常に他者から干渉を受け続ける毎日。それは俺が望んだ日々とはまるで真逆のものだった。
しかしそんな日々の果て、俺は自分の役目を最期まで果たし、そして死んで転生した。
それは俺にとって干渉からの解放だった。
……だが、俺は転生した異世界で弱小ながらも魔法貴族の子として生まれ、それゆえに当然の責務として魔法使いを目指すことを求められた。つまり第二の人生でも俺は他者の干渉を避けられなかったのだ。
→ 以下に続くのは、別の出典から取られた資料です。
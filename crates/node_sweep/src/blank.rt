//! Words without a square, into which squares are copied.

ghost use Rattle.std.specs.Prelude.{◌^◌, IfOk};
ghost use Rattle.node_sweep.specs.Blank.{AreBlank};
ghost use Rattle.node_sweep.specs.CopiedStills.{IsResized};
ghost use Rattle.node_sweep.specs.Copying.{AreBlankWords};

use std::alloc::{AllocError, Global};
use table_core::{Key, Shape};

/// Words without a square, into which squares are copied.
#[derive(Drop)]
pub struct BlankWords {
    pub(crate) key: Key,
    pub(crate) words: Vec<u64>,
}

// The head of a table of this shape, under the same rule and exponent.
fn resize(from: &Key, shape: Shape) -> Key
    ensures { IsResized from.now result (2 ^ shape.bits) }
{
    Key {
        shape,
        rule: from.rule,
        exponent: from.exponent,
    }
}

// Words under this head without a square.
fn blank_words(alloc: Global, key: &Key) -> Result<Vec<u64>, AllocError>
    ensures { IfOk result (λ words. AreBlankWords key.now words.items) }
{
    let mut words = vec![in alloc; 0; key.shape.word_count() as usize]?;
    words[0] = key.head();
    Ok(words)
}

impl BlankWords {
    /// Words of this shape, under the rule and the exponent of this head.
    pub fn new(alloc: Global, from: &Key, shape: Shape) -> Result<BlankWords, AllocError>
        ensures { IfOk result (AreBlank from.now (2 ^ shape.bits)) }
    {
        let key = resize(from, shape);
        let words = blank_words(alloc, &key)?;
        Ok(BlankWords { key, words })
    }
}
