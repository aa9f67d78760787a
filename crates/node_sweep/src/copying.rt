//! What one number reaches, copied: leaves, and pairs after their parts, each once.

ghost use Rattle.std.specs.Prelude.{◌≢◌, IfOk, IfErr};
ghost use Rattle.table_core.specs.Good.{KeepsWords};
ghost use Rattle.node_sweep.specs.Copies.{IsLowBlock};
ghost use Rattle.node_sweep.specs.Placing.{IsSought};

use crate::placing::place;
use crate::transfer::{Fresh, Transfer};
use plane::Refusal;
use table_core::{Kind, pair_word, parts};

impl Transfer<'_> {
    ghost use Rattle.node_sweep.specs.Transfers.{IsCopyNoted, IsUnderway, IsWordNeeded, SaysNoRoom, fresh_table, fresh_words, old_table, wants};

    /// The copy of a number that is wanted, by its word, of whose way so many places were tried.
    pub(crate) fn note(
        &self,
        fresh: &mut Fresh,
        number: u32,
        kind: Kind,
        word: u64,
        tried: u32,
    ) -> Result<u32, Refusal>
        requires underway { IsUnderway self.now fresh.old }
        requires some { number ≢ 0 }
        requires wanted { wants self.now number }
        requires word { IsWordNeeded self.now fresh.old.words.items kind number word }
        requires tried { IsSought (fresh_table self.now fresh.old) kind word tried }
        ensures underway { IsUnderway self.now fresh.new }
        ensures keeps { KeepsWords (fresh_words fresh.old) (fresh_words fresh.new) }
        ensures ok { IfOk result (IsCopyNoted self.now fresh.new number) }
        ensures full { IfErr result (SaysNoRoom self.now) }
    {
        let Some(index) = place(self.to, fresh.words.as_mut_slice(), kind, word, tried) else {
            return Err(Refusal::NodesFull);
        };
        fresh.copies[number as usize] = index;
        Ok(index)
    }

    /// The copy of a block of at most this rank that is wanted. Each number is copied once.
    pub(crate) fn copy(&self, fresh: &mut Fresh, number: u32, height: u8) -> Result<u32, Refusal>
        requires underway { IsUnderway self.now fresh.old }
        requires block { IsLowBlock (old_table self.now) height number }
        requires wanted { wants self.now number }
        ensures underway { IsUnderway self.now fresh.new }
        ensures keeps { KeepsWords (fresh_words fresh.old) (fresh_words fresh.new) }
        ensures ok { IfOk result (IsCopyNoted self.now fresh.new number) }
        ensures full { IfErr result (SaysNoRoom self.now) }
    {
        if number == 0 {
            return Ok(0);
        }
        let done = fresh.copies[number as usize];
        if done != 0 {
            return Ok(done);
        }
        let word = self.old.words.word(number as usize);
        if number < self.old.key.shape.index(Kind::Pair, 0) {
            return self.note(fresh, number, Kind::Leaf, word, 0);
        }
        let (first, second) = parts(word);
        let first = self.copy(fresh, first, height - 1)?;
        let second = self.copy(fresh, second, height - 1)?;
        let word = pair_word(first, second);
        self.note(fresh, number, Kind::Pair, word, 0)
    }
}
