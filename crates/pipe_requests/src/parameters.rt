//! The words of a line behind its first.

ghost use Rattle.std.specs.Prelude.{◌≡◌, [], ◌∷◌, IfErr, IfOk, OnOk};
ghost use Rattle.std.specs.Option.{option_copied};
ghost use Rattle.std.specs.List.{position};
ghost use Rattle.text_lines.specs.Bytes.{is_byte};
ghost use Rattle.pipe_requests.specs.Words.{HasNot, IsCut, words_behind};

use crate::bad::Bad;

const BLANK: u8 = b' ';

/// The first word of a text, and the text behind the blank that ends it, if there is one.
#[tactic(auto, using(crate::proofs::WordLemmas::words_by_blank))]
pub(crate) fn cut(text: &[u8]) -> (&[u8], Option<&[u8]>)
    ensures { IsCut text.now result.0.now (option_copied result.1) }
{
    match place_of_blank(text) {
        Some(place) => (&text[..place], Some(&text[place + 1..])),
        None => (text, None),
    }
}

// The place of the first blank.
fn place_of_blank(text: &[u8]) -> Option<usize>
    ensures { result ≡ position (is_byte 32) text.now }
{
    text.iter().position(|byte| *byte == BLANK)
}

/// There is no word. `Words` where there is one.
#[tactic(auto, using(crate::proofs::WordLemmas::words_some))]
pub(crate) fn none(rest: Option<&[u8]>) -> Result<(), Bad>
    ensures ok { OnOk result (words_behind (option_copied rest.entry) ≡ []) }
    ensures err { IfErr result (HasNot 0 (option_copied rest.entry)) }
{
    match rest {
        None => Ok(()),
        Some(_) => Err(Bad::Words),
    }
}

/// The one word. `Words` where there are more, or none.
pub(crate) fn one(rest: Option<&[u8]>) -> Result<&[u8], Bad>
    ensures ok { IfOk result (λ word.
        words_behind (option_copied rest.entry) ≡ word.now ∷ []) }
    ensures err { IfErr result (HasNot 1 (option_copied rest.entry)) }
{
    let (word, rest) = next(rest)?;
    none(rest)?;
    Ok(word)
}

/// The four words. `Words` where there are more or fewer.
pub(crate) fn four(rest: Option<&[u8]>) -> Result<(&[u8], &[u8], &[u8], &[u8]), Bad>
    ensures ok { IfOk result (λ words. words_behind (option_copied rest.entry)
        ≡ words.0.now ∷ words.1.now ∷ words.2.now ∷ words.3.now ∷ []) }
    ensures err { IfErr result (HasNot 4 (option_copied rest.entry)) }
{
    let (first, rest) = next(rest)?;
    let (second, rest) = next(rest)?;
    let (third, rest) = next(rest)?;
    let fourth = one(rest)?;
    Ok((first, second, third, fourth))
}

/// The first word, and the text behind it. `Words` where there is none.
pub(crate) fn next(rest: Option<&[u8]>) -> Result<(&[u8], Option<&[u8]>), Bad>
    ensures ok { IfOk result (λ parts. words_behind (option_copied rest.entry)
        ≡ parts.0.now ∷ words_behind (option_copied parts.1)) }
    ensures err { IfErr result (λ why. (why ≡ Bad.Words)
        × (words_behind (option_copied rest.entry) ≡ [])) }
{
    match rest {
        Some(text) => Ok(cut(text)),
        None => Err(Bad::Words),
    }
}
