//! What a request asks for.

use rule_text::{Rule, RuleFault};

/// The most that `period` may try.
pub const LARGEST_MOST: u64 = 1 << 32;

/// The most that `multiple` may give.
pub const LARGEST_MULTIPLE: u64 = 1 << 63;

/// The least size of a picture.
pub const SMALLEST_SIZE: u32 = 16;

/// The largest size of a picture.
pub const LARGEST_SIZE: u32 = 4096;

/// A format of pattern files.
#[derive(Clone, Copy, Debug, PartialEq, Eq)]
pub enum TextFormat {
    /// `rle`
    Rle,
    /// `mc`
    Macrocell,
}

/// What a line asks for. Numbers that are too large for their type stand as its largest, which is
/// refused for the same reason.
#[derive(Clone, Copy, Debug, PartialEq, Eq)]
pub enum Request {
    /// Open the pattern file in a block of so many bytes, by its own rule or by this one.
    Open {
        length: u64,
        rule: Option<Result<Rule, RuleFault>>,
    },
    /// Go so many generations on.
    Advance {
        generations: u64,
    },
    /// The number of the generation.
    Generation,
    /// The rule.
    Rule,
    /// How many cells are live.
    Population,
    /// The box of the live cells.
    Bounds,
    /// The text of a window.
    Window {
        x: i64,
        y: i64,
        width: u64,
        height: u64,
    },
    /// The runs of live cells.
    Runs,
    /// The pattern file.
    Write {
        format: TextFormat,
    },
    /// The picture of a rectangle, at most so many pixels on a side.
    Picture {
        left: i64,
        top: i64,
        right: i64,
        bottom: i64,
        size: u32,
    },
    /// The least period, up to this number.
    Period {
        most: u64,
    },
    /// The least period among the divisors of this number.
    Multiple {
        whole: u64,
    },
    /// How far the cells are those of the pattern file in a block of so many bytes, moved.
    Same {
        length: u64,
    },
    /// Close the pattern.
    Close,
}

impl Request {
    ghost use Rattle.std.specs.Prelude.{◌≡◌};
    ghost use Rattle.pipe_requests.specs.Blocks.{block_length};

    /// How many bytes of a block come behind the line.
    pub fn block_length(&self) -> u64
        ensures { result ≡ block_length self.now }
    {
        match self {
            Request::Open { length, .. } | Request::Same { length } => *length,
            _ => 0,
        }
    }
}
だからこそ、俺は自分が魔法の才能に恵まれなかったことに感謝した。
家名を背負う者としての運命、すなわち干渉に抗えず王立ロンドール魔法学院に入学した俺だったが、入学早々俺はどうなったか。
さっき言ったように、俺は学院内の人々から落ちこぼれの烙印を押されることとなった。
けれど、それこそ俺に望みどおりの状況を与えてくれるものだったのだ。
それはいまこの教室内で俺がどんな状況にあるかを見れば一目瞭然だ。
王立ロンドール魔法学院に入学してくる生徒たちは、その多くが魔法貴族の令息令嬢であり、一流の魔法使いを目指す志高い者たちである。才能豊かなライバルと日夜しのぎを削り合い、魔法使いとして高みへ昇ることを望んでやってきた者たちである。
したがって彼らにとって、競い合う相手となり得ない人間のことなどどうでもいいのである。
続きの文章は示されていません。